Problem to work on:
Your answer must be an exact transcription of every entry.

Records provided:
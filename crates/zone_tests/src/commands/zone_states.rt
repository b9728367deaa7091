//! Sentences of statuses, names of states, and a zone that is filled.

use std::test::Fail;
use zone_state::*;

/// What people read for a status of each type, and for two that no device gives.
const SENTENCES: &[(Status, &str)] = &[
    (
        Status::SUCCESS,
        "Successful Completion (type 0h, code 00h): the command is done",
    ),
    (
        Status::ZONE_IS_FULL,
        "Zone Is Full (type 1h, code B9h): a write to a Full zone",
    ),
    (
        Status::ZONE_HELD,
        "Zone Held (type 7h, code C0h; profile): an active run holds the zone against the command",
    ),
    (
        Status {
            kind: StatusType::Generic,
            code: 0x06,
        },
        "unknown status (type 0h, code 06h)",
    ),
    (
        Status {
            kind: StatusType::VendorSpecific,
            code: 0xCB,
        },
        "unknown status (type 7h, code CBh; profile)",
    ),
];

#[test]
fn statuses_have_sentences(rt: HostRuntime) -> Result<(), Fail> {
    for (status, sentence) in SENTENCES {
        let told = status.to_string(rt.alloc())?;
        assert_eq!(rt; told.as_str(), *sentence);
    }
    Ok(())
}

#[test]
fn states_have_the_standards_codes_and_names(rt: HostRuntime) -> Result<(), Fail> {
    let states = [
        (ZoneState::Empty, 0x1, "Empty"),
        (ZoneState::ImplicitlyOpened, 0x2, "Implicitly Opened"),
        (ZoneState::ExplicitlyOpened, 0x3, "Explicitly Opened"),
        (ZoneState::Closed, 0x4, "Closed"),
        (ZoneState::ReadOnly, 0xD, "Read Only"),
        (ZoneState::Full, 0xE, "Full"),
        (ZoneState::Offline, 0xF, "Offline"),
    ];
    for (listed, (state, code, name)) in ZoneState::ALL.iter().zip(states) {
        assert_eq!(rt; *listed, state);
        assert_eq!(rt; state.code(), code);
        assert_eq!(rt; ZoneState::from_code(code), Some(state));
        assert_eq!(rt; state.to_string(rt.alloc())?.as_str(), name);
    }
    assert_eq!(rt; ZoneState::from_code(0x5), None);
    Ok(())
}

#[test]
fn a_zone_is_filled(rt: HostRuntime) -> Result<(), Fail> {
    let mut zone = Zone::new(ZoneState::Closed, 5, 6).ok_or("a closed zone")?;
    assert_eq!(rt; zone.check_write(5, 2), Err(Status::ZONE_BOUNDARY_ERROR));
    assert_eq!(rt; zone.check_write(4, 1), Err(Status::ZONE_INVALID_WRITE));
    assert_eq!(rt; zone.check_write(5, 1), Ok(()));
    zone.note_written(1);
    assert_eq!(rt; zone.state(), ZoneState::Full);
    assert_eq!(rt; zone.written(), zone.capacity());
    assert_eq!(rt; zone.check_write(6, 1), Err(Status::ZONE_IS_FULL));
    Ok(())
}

Solution to the problem:
filename crates/zone_tests/src/commands/zone_states.rt
repository b9728367deaa7091
//! Sentences of statuses, names of states, and a zone that is filled.

use std::test::Fail;
use zone_state::*;

/// What people read for a status of each type, and for two that no device gives.
const SENTENCES: &[(Status, &str)] = &[
    (
        Status::SUCCESS,
        "Successful Completion (type 0h, code 00h): the command is done",
    ),
    (
        Status::ZONE_IS_FULL,
        "Zone Is Full (type 1h, code B9h): a write to a Full zone",
    ),
    (
        Status::ZONE_HELD,
        "Zone Held (type 7h, code C0h; profile): an active run holds the zone against the command",
    ),
    (
        Status {
            kind: StatusType::Generic,
            code: 0x06,
        },
        "unknown status (type 0h, code 06h)",
    ),
    (
        Status {
            kind: StatusType::VendorSpecific,
            code: 0xCB,
        },
        "unknown status (type 7h, code CBh; profile)",
    ),
];

#[test]
fn statuses_have_sentences(rt: HostRuntime) -> Result<(), Fail> {
    for (status, sentence) in SENTENCES {
        let told = status.to_string(rt.alloc())?;
        assert_eq!(rt; told.as_str(), *sentence);
    }
    Ok(())
}

#[test]
fn states_have_the_standards_codes_and_names(rt: HostRuntime) -> Result<(), Fail> {
    let states = [
        (ZoneState::Empty, 0x1, "Empty"),
        (ZoneState::ImplicitlyOpened, 0x2, "Implicitly Opened"),
        (ZoneState::ExplicitlyOpened, 0x3, "Explicitly Opened"),
        (ZoneState::Closed, 0x4, "Closed"),
        (ZoneState::ReadOnly, 0xD, "Read Only"),
        (ZoneState::Full, 0xE, "Full"),
        (ZoneState::Offline, 0xF, "Offline"),
    ];
    for (listed, (state, code, name)) in ZoneState::ALL.iter().zip(states) {
        assert_eq!(rt; *listed, state);
        assert_eq!(rt; state.code(), code);
        assert_eq!(rt; ZoneState::from_code(code), Some(state));
        assert_eq!(rt; state.to_string(rt.alloc())?.as_str(), name);
    }
    assert_eq!(rt; ZoneState::from_code(0x5), None);
    Ok(())
}

#[test]
fn a_zone_is_filled(rt: HostRuntime) -> Result<(), Fail> {
    let mut zone = Zone::new(ZoneState::Closed, 5, 6).ok_or("a closed zone")?;
    assert_eq!(rt; zone.check_write(5, 2), Err(Status::ZONE_BOUNDARY_ERROR));
    assert_eq!(rt; zone.check_write(4, 1), Err(Status::ZONE_INVALID_WRITE));
    assert_eq!(rt; zone.check_write(5, 1), Ok(()));
    zone.note_written(1);
    assert_eq!(rt; zone.state(), ZoneState::Full);
    assert_eq!(rt; zone.written(), zone.capacity());
    assert_eq!(rt; zone.check_write(6, 1), Err(Status::ZONE_IS_FULL));
    Ok(())
}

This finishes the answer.